With the collision search now effectively 64 times faster, it became practical to generate many more collisions. In an additional 8 hours, I generated another 50k strings, bringing the total to 54091.
Using all 54k strings, the time difference became 114 seconds vs 414 seconds, a much more dramatic slowdown (although the filesize also grew to 229mb with this many strings). Keep in mind that if you only include one set of strings instead of 64, the difference is 1.7 seconds vs 304 seconds, and the filesize is only 3.6mb.
Anyway, all the code is available on Github, as well as the collided strings I found and the script to generate the Krakatau files. If you have a Python application you are concerned about, you can use these strings to test how it responds to hash based DOS.

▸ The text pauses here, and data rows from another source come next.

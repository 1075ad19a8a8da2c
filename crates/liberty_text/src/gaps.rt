//! Blanks between tokens.

ghost use Rattle.std.specs.Prelude.{◌≡◌, ◌≤◌, length};
ghost use Rattle.liberty_text.specs.Idle.{is_blank, front_run};
ghost use Rattle.liberty_text.specs.Quiet.{AreBlank};

use lexer::{ByteClass, run_length};

/// Spaces, tabs and carriage returns.
struct Blank;

impl ByteClass for Blank {
    ghost has = { is_blank };

    #[inline(always)]
    fn contains(byte: u8) -> bool {
        byte == b' ' || byte == b'\t' || byte == b'\r'
    }
}

/// How many blanks stand at the front.
#[inline(always)]
pub(crate) fn blank_run(bytes: &[u8]) -> usize
    ensures value { result ≡ front_run is_blank bytes.now }
    ensures within { result ≤ length bytes.now }
{
    run_length::<Blank>(bytes)
}

/// How many spaces stand at the front, as far as they are counted four at a time.
#[inline(always)]
fn fours(bytes: &[u8]) -> usize
    ensures within { result ≤ length bytes.now }
    ensures blank { AreBlank bytes.now result }
{
    let mut count = 0;
    while count < bytes.len() {
        let (_, left) = bytes.split_at(count);
        match left.first_chunk::<4>() {
            Some(front) if *front == [b' '; 4] => count += 4,
            _ => return count,
        }
    }
    count
}

/// How many blanks stand at the front of a line, where mostly many do.
#[inline(always)]
pub(crate) fn indentation(bytes: &[u8]) -> usize
    ensures within { result ≤ length bytes.now }
    ensures blank { AreBlank bytes.now result }
{
    let wide = fours(bytes);
    let (_, left) = bytes.split_at(wide);
    wide + blank_run(left)
}
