//! What the tokens of a Liberty text are, and what can stop a reading of them.

use thiserror::Error;

/// What a token is.
#[derive(Clone, Copy, PartialEq, Eq)]
pub enum TokenKind {
    /// A run of printable ASCII bytes that are no space, mark, double quote or backslash.
    Word,
    /// What stands between two double quotes, with the quotes.
    Text,
    /// One of the bytes `{`, `}`, `(` and `)`.
    Brace(u8),
    Colon,
    Semicolon,
    Comma,
}

/// A token of a Liberty text: its bytes are those from offset `at` up to, but not including, `end`.
#[derive(Clone, Copy, PartialEq, Eq)]
pub struct Token {
    pub kind: TokenKind,
    pub at: usize,
    pub end: usize,
    /// Whether a line ends between the token before and this one (for the first: before it).
    pub line_before: bool,
}

/// Where a reading of tokens stops. An offset counts bytes from 0.
#[derive(Clone, Copy, PartialEq, Eq)]
pub enum Stop {
    /// All bytes were read. A Word that ends where they end may be half a Word.
    End,
    /// The byte at this offset stands outside texts and comments and begins no token, also with
    /// any bytes after those that are there.
    BadByte(usize),
    /// The text that begins at this offset does not close.
    OpenText(usize),
    /// The comment that begins at this offset does not close.
    OpenComment(usize),
    /// Nothing but blanks stands after the backslash at this offset, so a line end may follow.
    OpenContinuation(usize),
}

/// The tokens before the place where a reading stopped, and what stopped it.
#[derive(Drop)]
pub struct Scan {
    pub tokens: Vec<Token>,
    pub stop: Stop,
}

/// Why a text has no list of tokens: its first fault. An offset counts bytes from 0.
#[derive(Debug, Drop, Error)]
pub enum TextFault {
    /// The byte at this offset stands outside texts and comments and begins no token.
    #[error("byte {0} begins no token")]
    BadByte(usize),
    /// The text that begins at this offset does not close.
    #[error("the text at byte {0} does not close")]
    OpenText(usize),
    /// The comment that begins at this offset does not close.
    #[error("the comment at byte {0} does not close")]
    OpenComment(usize),
    /// There was no memory for the tokens.
    #[error("out of memory")]
    Memory,
}
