//! Bytes behind a token that are gone past at once: a gap, a text, a Word or a mark.

ghost use Rattle.std.specs.Prelude.{◌≡◌, ◌+◌, ◌<◌, ◌≤◌, ◌^◌, true, false, None, length, IfOk};
ghost use Rattle.liberty_text.specs.declared.scanner.Mode.TheVariants.{Between, InText, InWord};
ghost use Rattle.liberty_text.specs.Quiet.{IsQuiet, Passes};

use crate::class::{Class, class_of};
use crate::gaps::{blank_run, indentation};
use crate::idle::{is_mark_byte, text_run, word_run};
use crate::scanner::{Mode, Scanner};
use crate::token::TokenKind;
use std::alloc::AllocError;

/// Bytes that were gone past at once.
#[derive(Clone, Copy)]
pub(crate) struct Passed {
    pub(crate) count: usize,
    /// Whether nothing stands open behind them, and no brace of a group or semicolon has ended with them. Else the scanner has
    /// what stands open behind them.
    pub(crate) goes_on: bool,
    /// Where nothing stands open behind them, whether a line ends before the token to come.
    pub(crate) line_before: bool,
}

/// So many bytes, behind which nothing stands open.
#[inline(always)]
fn gone_past(count: usize, line_before: bool) -> Passed
    ensures count { result.count ≡ count }
    ensures goes_on { result.goes_on ≡ true }
    ensures line_before { result.line_before ≡ line_before }
{
    Passed {
        count,
        goes_on: true,
        line_before,
    }
}

impl Scanner {
    /// So many bytes, behind which this much stands open.
    #[inline(always)]
    fn behind(&mut self, count: usize, mode: Mode, may_be_mark: bool) -> Passed
        ensures count { result.count ≡ count }
        ensures tokens { self.new.tokens.items ≡ self.old.tokens.items }
        ensures mode { result.goes_on ≡ true → mode ≡ Between result.line_before }
        ensures mark { result.goes_on ≡ true → may_be_mark ≡ false }
        ensures ends { result.goes_on ≡ false → self.new.mode ≡ mode }
    {
        match mode {
            Mode::Between { line_before } if !may_be_mark => gone_past(count, line_before),
            _ => {
                self.set_mode(mode);
                Passed {
                    count,
                    goes_on: false,
                    line_before: false,
                }
            }
        }
    }

    /// Goes past the text that begins here, or past the front of it where a backslash stands in it or it has no end.
    #[inline(always)]
    fn pass_text(
        &mut self,
        line_before: bool,
        at: usize,
        bytes: &[u8],
    ) -> Result<Passed, AllocError>
        requires fits { at + length bytes.now < 2 ^ 64 }
        requires some { 0 < length bytes.now }
        requires begins { IsQuiet (Between line_before) at bytes.now 1 (InText at line_before false) }
        ensures { IfOk result (λ passed. Passes (Between line_before) at bytes.now self.old self.new passed) }
    {
        let (_, text) = bytes.split_at(1);
        let end = 1 + text_run(text);
        if end < bytes.len() && bytes[end] == b'"' {
            self.push(TokenKind::Text, at, at + end + 1, line_before)?;
            return Ok(gone_past(end + 1, false));
        }
        let mode = Mode::InText {
            at,
            line_before,
            escaped: false,
        };
        Ok(self.behind(end, mode, false))
    }

    /// Goes past the Word that begins here and the byte behind it, or past the front of it where a slash stands in it or the bytes
    /// end.
    #[inline(always)]
    fn pass_word(
        &mut self,
        line_before: bool,
        at: usize,
        bytes: &[u8],
    ) -> Result<Passed, AllocError>
        requires fits { at + length bytes.now < 2 ^ 64 }
        requires some { 0 < length bytes.now }
        requires begins { IsQuiet (Between line_before) at bytes.now 1 (InWord at line_before None) }
        ensures { IfOk result (λ passed. Passes (Between line_before) at bytes.now self.old self.new passed) }
    {
        let (_, word) = bytes.split_at(1);
        let end = 1 + word_run(word);
        if end < bytes.len() && bytes[end] != b'/' {
            let next = bytes[end];
            self.push(TokenKind::Word, at, at + end, line_before)?;
            let mode = self.opened(false, at + end, next)?;
            return Ok(self.behind(end + 1, mode, is_mark_byte(next)));
        }
        let mode = Mode::InWord {
            at,
            line_before,
            slash: None,
        };
        Ok(self.behind(end, mode, false))
    }

    /// Goes past the next byte alone.
    #[inline(always)]
    fn pass_byte(
        &mut self,
        line_before: bool,
        at: usize,
        bytes: &[u8],
    ) -> Result<Passed, AllocError>
        requires fits { at + length bytes.now < 2 ^ 64 }
        requires some { 0 < length bytes.now }
        ensures { IfOk result (λ passed. Passes (Between line_before) at bytes.now self.old self.new passed) }
    {
        let byte = bytes[0];
        let mode = self.opened(line_before, at, byte)?;
        Ok(self.behind(1, mode, is_mark_byte(byte)))
    }

    /// Goes past some bytes, before which nothing stands open: at least one.
    #[inline(always)]
    pub(crate) fn pass_between(
        &mut self,
        line_before: bool,
        at: usize,
        bytes: &[u8],
    ) -> Result<Passed, AllocError>
        requires fits { at + length bytes.now < 2 ^ 64 }
        requires some { 0 < length bytes.now }
        ensures { IfOk result (λ passed. Passes (Between line_before) at bytes.now self.old self.new passed) }
    {
        let byte = bytes[0];
        let (_, behind) = bytes.split_at(1);
        match class_of(byte) {
            Class::LineEnd => Ok(gone_past(1 + indentation(behind), true)),
            Class::Blank => Ok(gone_past(1 + blank_run(behind), line_before)),
            Class::Quote => self.pass_text(line_before, at, bytes),
            Class::WordByte if byte != b'/' => self.pass_word(line_before, at, bytes),
            Class::Backslash if bytes.len() > 1 && bytes[1] == b'\n' => {
                let (_, line) = bytes.split_at(2);
                Ok(gone_past(2 + indentation(line), line_before))
            }
            _ => self.pass_byte(line_before, at, bytes),
        }
    }
}
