//! Tokens in eight bytes each.

ghost use Rattle.std.specs.Prelude.{◌≡◌, ◌<◌, ◌≤◌, ◌^◌, IfOk, if◌then◌else◌, true, false};
ghost use Rattle.liberty_text.specs.Scanner.{token};
ghost use Rattle.liberty_text.specs.Kept.{kind_by, size_by, token_by, code_of, is_run};

use crate::token::{Stop, Token, TokenKind};
use std::alloc::{AllocError, Global};
use std::marker::Model;

/// The farthest offset of a token that is kept.
const FARTHEST: usize = 4_294_967_295;

/// The most bytes of a token that is kept.
const LONGEST: usize = 268_435_455;

/// A token as it is kept, in eight bytes. Contracts see the token.
#[derive(Drop)]
pub struct Kept {
    at: u32,
    /// Whether a line ends before it, the code of its kind, and its length or the byte of a brace.
    rest: u32,
}

impl Model for Kept {
    ghost use Rattle.liberty_text.specs.declared.token.Token.{Token};
    ghost use Rattle.liberty_text.specs.Kept.{unpacked};

    ghost Value = { Token };

    ghost view = { λ k. unpacked k.at k.rest };
}

/// The tokens before the place where a reading stopped, in eight bytes each, and what stopped it.
#[derive(Drop)]
pub struct KeptScan {
    pub tokens: Vec<Kept>,
    pub stop: Stop,
}

/// The kind with a code; what stands beside the code is the byte of a brace.
#[inline(always)]
fn kind_by(code: u32, amount: u32) -> TokenKind
    ensures { result ≡ kind_by code amount }
{
    match code {
        0 => TokenKind::Word,
        1 => TokenKind::Text,
        2 => TokenKind::Brace((amount % 256) as u8),
        3 => TokenKind::Colon,
        4 => TokenKind::Semicolon,
        _ => TokenKind::Comma,
    }
}

/// The code of a kind.
#[inline(always)]
fn code_of(kind: TokenKind) -> u32
    ensures value { result ≡ code_of kind }
    ensures few { result < 8 }
{
    match kind {
        TokenKind::Word => 0,
        TokenKind::Text => 1,
        TokenKind::Brace(_) => 2,
        TokenKind::Colon => 3,
        TokenKind::Semicolon => 4,
        TokenKind::Comma => 5,
    }
}

/// What stands beside the code of a token of this kind that has so many bytes: one, unless it is a Word or a text.
#[inline(always)]
#[tactic(auto, using(crate::proofs::Packing::brace_back))]
fn amount_of(kind: TokenKind, size: u32) -> u32
    requires { is_run kind ≡ false → size ≡ 1 }
    ensures kind { kind_by (code_of kind) result ≡ kind }
    ensures size { size_by (code_of kind) result ≡ size }
    ensures few { size < 2 ^ 28 → result < 2 ^ 28 }
{
    if let TokenKind::Brace(byte) = kind {
        return u32::from(byte);
    }
    match kind {
        TokenKind::Word | TokenKind::Text => size,
        _ => 0,
    }
}

/// Whether a token of this kind may have so many bytes.
#[inline(always)]
fn fits(kind: TokenKind, size: u32) -> bool
    ensures { result ≡ true → is_run kind ≡ false → size ≡ 1 }
{
    match kind {
        TokenKind::Word | TokenKind::Text => true,
        _ => size == 1,
    }
}

/// How many bytes a token has; what stands beside the code is the length of a Word or a text.
#[inline(always)]
fn size_by(code: u32, amount: u32) -> u32
    ensures { result ≡ size_by code amount }
{
    if code == 0 || code == 1 { amount } else { 1 }
}

impl Kept {
    /// The token.
    #[inline(always)]
    pub fn token(&self) -> Token
        ensures { result ≡ self.now }
    {
        let code = self.rest / 2 % 8;
        let amount = self.rest / 2 / 8;
        let at = self.at as usize;
        Token {
            kind: kind_by(code, amount),
            at,
            end: at + size_by(code, amount) as usize,
            line_before: self.rest % 2 == 1,
        }
    }

    /// A token of a kind with this code.
    #[tactic(auto, using(crate::proofs::Packing::packed_back))]
    fn packed(at: u32, code: u32, amount: u32, line_before: bool) -> Kept
        requires code { code < 8 }
        requires amount { amount < 2 ^ 28 }
        ensures { result ≡ token_by at code amount (if line_before then 1 else 0) }
    {
        let line = if line_before { 1 } else { 0 };
        Kept {
            at,
            rest: (amount * 8 + code) * 2 + line,
        }
    }

    /// A token from an offset up to another. There is no memory for one that begins at 4 GiB or later, or has 256 MiB or more.
    #[tactic(auto, using(crate::proofs::Packing::kept_back))]
    pub(crate) fn new(
        kind: TokenKind,
        at: usize,
        end: usize,
        line_before: bool,
    ) -> Result<Kept, AllocError>
        ensures { IfOk result (λ kept. kept ≡ token kind at end line_before) }
    {
        if end < at || at > FARTHEST || end - at > LONGEST {
            return Err(AllocError);
        }
        let size = (end - at) as u32;
        if !fits(kind, size) {
            return Err(AllocError);
        }
        let amount = amount_of(kind, size);
        Ok(Kept::packed(at as u32, code_of(kind), amount, line_before))
    }
}

/// The same tokens once more. An `Err` comes only where memory is wanting.
pub fn copy_kept(alloc: Global, tokens: &[Kept]) -> Result<Vec<Kept>, AllocError>
    ensures { IfOk result (λ copy. copy.items ≡ tokens.now) }
{
    let mut copy = Vec::with_capacity(alloc, tokens.len())?;
    for token in tokens {
        copy.push(Kept {
            at: token.at,
            rest: token.rest,
        })?;
    }
    Ok(copy)
}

While reading through the discussions surrounding the original decision to add randomized hashing to Python in the python-dev archives, I noticed one comment that Python’s string hashing function is duplicated in the xml parser. Out of curiosity, I checked the source, and even in the latest Python 3.6, it is still there, still using the insecure FNV hash.
Presumably, it wasn’t considered important since XML parsers can be trivially DOSed through other means, such as repeated entity expansion, the “billion laughs” attack. However, this is worth noting if you are parsing untrusted XML with a “safe” library like defusedexpat which limits entity expansion but does nothing to protect against hash collisions.